There are three heads of the triceps: the long head, the lateral head, and the medial head. The long head is the largest head, and it runs down the back of the arm from the shoulder to the elbow. The lateral head is located on the outside of the arm, and the medial head is located on the inside of the arm.
Building tricep mass is important for a number of reasons:
- It will give you bigger arms. The triceps make up about two-thirds of the muscle mass in the upper arm, so if you want to have big arms, you need to focus on building your triceps.
- It will improve your strength. The triceps are involved in a number of exercises, including push-ups, bench presses, and dips. Building strong triceps will help you to improve your performance in these exercises.
- It will help to prevent injuries. Strong triceps can help to stabilize the elbow joint, which can help to prevent injuries such as tennis elbow and golfer’s elbow.
- It will improve your overall appearance. Strong, defined triceps can make your arms look more muscular and athletic.
How Tricep Mass Contributes to Overall Arm Size?

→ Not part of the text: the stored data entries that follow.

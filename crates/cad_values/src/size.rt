// How much a value weighs, how high it is, and the identities in it. Each walks as deep as the value is high.
ghost use Rattle.std.specs.Prelude.{◌≡◌, ◌++◌, ◌^◌, ◌-◌, map, min, max, OnOk, IfOk};
ghost use Rattle.cad_values.specs.Values.{pure_value, pure_field, pure_entry, values_of, entries_of, fields_of};
ghost use Rattle.cad_values.specs.Sizes as spec;

use crate::value::{CompositeField, DictionaryEntry, Value};
use cad_syntax::Numbers;
use std::alloc::{AllocError, Global};

/// What a text weighs.
fn text_weight(text: &str) -> u64
    ensures { result ≡ spec.text_weight text.now }
{
    1 + (text.len() as u64).div_ceil(256)
}

/// What a value weighs: 1 if it is plain, a text 1 and one for each started 256 bytes, an optional what its content does,
/// and a container or composite 1 more than all its parts. 2^64-1 where it is more.
#[cycle(weights)]
pub fn weight(value: &Value) -> u64
    ensures { result ≡ min (spec.weight (pure_value value.now)) (2 ^ 64 - 1) }
{
    match value {
        Value::Some(content) => weight(content),
        Value::String(text) => text_weight(text.as_str()),
        Value::Array { values, .. } => values_weight(values.as_slice()).saturating_add(1),
        Value::Dictionary { entries, .. } => entries_weight(entries.as_slice()).saturating_add(1),
        Value::Composite { fields, .. } => fields_weight(fields.as_slice()).saturating_add(1),
        _ => 1,
    }
}

#[cycle(weights)]
fn values_weight(values: &[Value]) -> u64
    ensures { result ≡ min (spec.values_weight (values_of (map pure_value values.now))) (2 ^ 64 - 1) }
{
    let mut total = 0u64;
    for value in values {
        total = total.saturating_add(weight(value));
    }
    total
}

#[cycle(weights)]
fn entries_weight(entries: &[DictionaryEntry]) -> u64
    ensures { result ≡ min (spec.entries_weight (entries_of (map pure_entry entries.now))) (2 ^ 64 - 1) }
{
    let mut total = 0u64;
    for entry in entries {
        let key = weight(&entry.key);
        total = total.saturating_add(key.saturating_add(weight(&entry.value)));
    }
    total
}

#[cycle(weights)]
fn fields_weight(fields: &[CompositeField]) -> u64
    ensures { result ≡ min (spec.fields_weight (fields_of (map pure_field fields.now))) (2 ^ 64 - 1) }
{
    let mut total = 0u64;
    for field in fields {
        total = total.saturating_add(weight(&field.value));
    }
    total
}

/// How high a value is: 1 where nothing is inside, and one more than its highest part else. 2^64-1 where it is more.
#[cycle(heights)]
pub fn height(value: &Value) -> u64
    ensures { result ≡ min (spec.height (pure_value value.now)) (2 ^ 64 - 1) }
{
    match value {
        Value::Some(content) => height(content).saturating_add(1),
        Value::Array { values, .. } => values_height(values.as_slice()).saturating_add(1),
        Value::Dictionary { entries, .. } => entries_height(entries.as_slice()).saturating_add(1),
        Value::Composite { fields, .. } => fields_height(fields.as_slice()).saturating_add(1),
        _ => 1,
    }
}

#[cycle(heights)]
fn values_height(values: &[Value]) -> u64
    ensures { result ≡ min (spec.values_height (values_of (map pure_value values.now))) (2 ^ 64 - 1) }
{
    let mut highest = 0u64;
    for value in values {
        highest = highest.max(height(value));
    }
    highest
}

#[cycle(heights)]
fn entries_height(entries: &[DictionaryEntry]) -> u64
    ensures { result ≡ min (spec.entries_height (entries_of (map pure_entry entries.now))) (2 ^ 64 - 1) }
{
    let mut highest = 0u64;
    for entry in entries {
        let key = height(&entry.key);
        highest = highest.max(key.max(height(&entry.value)));
    }
    highest
}

#[cycle(heights)]
fn fields_height(fields: &[CompositeField]) -> u64
    ensures { result ≡ min (spec.fields_height (fields_of (map pure_field fields.now))) (2 ^ 64 - 1) }
{
    let mut highest = 0u64;
    for field in fields {
        highest = highest.max(height(&field.value));
    }
    highest
}

/// The identities of the resources in a value, that of the outer one before those inside.
pub fn identities(alloc: Global, value: &Value) -> Result<Numbers, AllocError>
    ensures { IfOk result (λ found. found ≡ spec.identities (pure_value value.now)) }
{
    let mut found = Numbers::new(alloc);
    add_identities(&mut found, value)?;
    Ok(found)
}

/// Appends a composite's own identity, if it has one.
fn add_own(found: &mut Numbers, identity: u64) -> Result<(), AllocError>
    ensures { OnOk result (found.new ≡ found.old ++ spec.own_identity identity) }
{
    if identity == 0 {
        return Ok(());
    }
    found.push(identity)
}

/// Appends the identities in a value.
#[cycle(found)]
fn add_identities(found: &mut Numbers, value: &Value) -> Result<(), AllocError>
    ensures { OnOk result (found.new ≡ found.old ++ spec.identities (pure_value value.now)) }
{
    match value {
        Value::Some(content) => add_identities(found, content),
        Value::Array { values, .. } => add_of_values(found, values.as_slice()),
        Value::Dictionary { entries, .. } => add_of_entries(found, entries.as_slice()),
        Value::Composite {
            identity,
            fields,
            ..
        } => {
            add_own(found, *identity)?;
            add_of_fields(found, fields.as_slice())
        }
        _ => Ok(()),
    }
}

#[cycle(found)]
fn add_of_values(found: &mut Numbers, values: &[Value]) -> Result<(), AllocError>
    ensures { OnOk result (found.new ≡ found.old ++ spec.values_identities (values_of (map pure_value values.now))) }
{
    for value in values {
        add_identities(found, value)?;
    }
    Ok(())
}

#[cycle(found)]
fn add_of_entries(found: &mut Numbers, entries: &[DictionaryEntry]) -> Result<(), AllocError>
    ensures { OnOk result (found.new ≡ found.old ++ spec.entries_identities (entries_of (map pure_entry entries.now))) }
{
    for entry in entries {
        add_identities(found, &entry.key)?;
        add_identities(found, &entry.value)?;
    }
    Ok(())
}

#[cycle(found)]
fn add_of_fields(found: &mut Numbers, fields: &[CompositeField]) -> Result<(), AllocError>
    ensures { OnOk result (found.new ≡ found.old ++ spec.fields_identities (fields_of (map pure_field fields.now))) }
{
    for field in fields {
        add_identities(found, &field.value)?;
    }
    Ok(())
}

Tricep mass plays a crucial role in determining the overall size and shape of the arms. Well-developed triceps add thickness and definition to the back of the arms, creating a more aesthetic and balanced appearance when combined with bicep development. Increasing tricep mass can make the arms look larger and more impressive. Additionally, well-proportioned triceps enhance the visual impact of other arm muscles, such as the biceps and forearms. So, building tricep mass is essential for achieving big, strong, and proportionate arms.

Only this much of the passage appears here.